/gcrawler

A very simple and flexible web crawler, support multiple run modes.

Primary LanguageGoApache License 2.0Apache-2.0

gcrawler

Package gcrawler provides a very simple and flexible web crawler that supports three running modes:

  • Running a fixed period of time
  • Running forever until no more pages to crawled
  • Running forever until explicitly stopped by the Stop method

Installation

To install, simply run in a terminal:

go get github.com/mlmhl/gcrawler

Usage

The following example (taken from /example/github_repo/main.go) shows how to create and start a Spider, running forever until no more pages to crawled:

func main() {
	flag.Parse()

	u, err := url.Parse("https://github.com/mlmhl?tab=repositories")
	if err != nil {
		log.Fatalf("Parse start url failed: %v", err)
	}
	s, err := spider.New(&spider.Options{
		Handler:    newGitHubRepoHandler(),
		Storages:   []storage.Storage{storage.NewConsoleStorage()},
		Bootstraps: []request.Request{request.New(u, "GET")},
	})
	if err != nil {
		glog.Fatalf("Create spider failed: %v", err)
	}
	s.Run()
}

Spider

A Spider is an independent instance of a web crawler, it receives a list of bootstrap requests, executes each requests and use a Handler to process the responses.

You can create a new Spider with an Options. Options contains a series of parameters to create a custom Spider:

  • Client: The http client Spider used to make requests. By default, the net/http default Client will be used.

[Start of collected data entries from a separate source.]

//! Changes of properties.
ghost use Rattle.std.specs.Prelude.{◌≡◌};
ghost use Rattle.gb_provider.specs.Changes.{changed, takes, IsNodeChanged, IsNodeDeclared};

use crate::expression::{Expression, Property, Setting};
use crate::fault::Final;
use gb_core::value::Value;

/// A change of a property.
#[derive(Drop)]
pub enum Change {
    /// It is set to this value.
    Set(Value),
    /// It is set to the value that the expression of this number has when it is read.
    SetFrom(usize),
    /// It is unset; the convention applies again.
    Unset,
    /// The expression of this number applies while it is not set.
    Convention(usize),
    /// It is final: it accepts no other change any more (35).
    Finalize,
}

/// Replaces the setting of a property.
fn put(property: &mut Property, setting: Option<Setting<usize>>)
    ensures { property.new ≡ record property.old { setting = setting } }
{
    property.setting = setting;
}

fn apply(change: Change, property: &mut Property)
    ensures { property.new ≡ changed change property.old }
{
    match change {
        Change::Set(value) => put(property, Some(Setting::Held(value))),
        Change::SetFrom(source) => put(property, Some(Setting::Followed(source))),
        Change::Unset => put(property, None),
        Change::Convention(source) => property.convention = Some(source),
        Change::Finalize => property.is_final = true,
    }
}

/// Whether a property accepts a change: a final one accepts only to be made final.
fn takes(change: &Change, is_final: bool) -> bool
    ensures { result ≡ takes change.now is_final }
{
    match change {
        Change::Finalize => true,
        _ => !is_final,
    }
}

/// Changes a property that accepts the change.
pub(crate) fn change_property<M, F, Z>(
    node: &mut Expression<M, F, Z>,
    change: Change,
) -> Result<(), Final>
    ensures { IsNodeChanged change node.old node.new result }
{
    match node {
        Expression::OfProperty(property) => {
            if !takes(&change, property.is_final) {
                drop(change);
                return Err(Final);
            }
            apply(change, property);
            Ok(())
        }
        _ => {
            drop(change);
            Err(Final)
        }
    }
}

/// Declares an output as this expression.
pub(crate) fn declare<M, F, Z>(node: &mut Expression<M, F, Z>, source: usize)
    ensures { IsNodeDeclared source node.old node.new }
{
    match node {
        Expression::OfOutput(output) => output.declared = Some(source),
        _ => {}
    }
}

  • LifeTime: If set, the Spider will only runs for such duration.

  • Bootstraps: Bootstrap requests to be executed.

  • Concurrency: If set, no more than such requests will be executed concurrently.

Requset

A Request is an interface that tells Spider which URL to fetch, and whitch HTTP method to use(i.e. "GET","HEAD",...).

It is defined like so:

type Request interface {
	URL() *url.URL
	Method() string
	Description() string
}

We recognizes a number of interfaces that the Request may implement, for more advanced needs.

  • HeaderProvider: Implement this interface to specify the headers of the Request.

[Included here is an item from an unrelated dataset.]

// Tag text and its grammar (document 02, A3), and nothing that runs: the syntax that a text reads as, the grammar as a relation between the
// two, and a reader that goes once over the bytes. The proofs say that the reader answers what the grammar says, and that a text has one
// reading. The page's tree and the field's bytes are left to `tag_tree`.
#![tactic(auto)]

  • CookiesProvider: Implement this interface to specify the cookies of the Request.

  • ReaderProvider: Implement this interface to specify the body of the Request via a io.Reader.

Response

A Response is the response of a Request, implemented as simple wrapper of *http.Response with an Error method. It is defined like so:

type Response interface {
	Response() *http.Response
	Error() error
}

Handler

A Handler responds to a Response, it has only one method as follows:

type Handler interface {
	Handle(req request.Request, resp response.Response) (items []types.Item, successors []request.Request)
}

The Handle method usually parses the returned data, and generates a series of Item and Request. The spider will goon processing these successors if any. An Item can be anything that the user wants to crawl.

Storage

A Storage is used to store the Item crawled by Spider. We provide two simple Storage: ConsoleStorage and FileStorage, which usually used for debugging. Just as their name implies, a ConsoleStorage prints all Item to the console, and a FileStorage write all Item to a file on local disk. Usually you should provide your own Storage in production environment.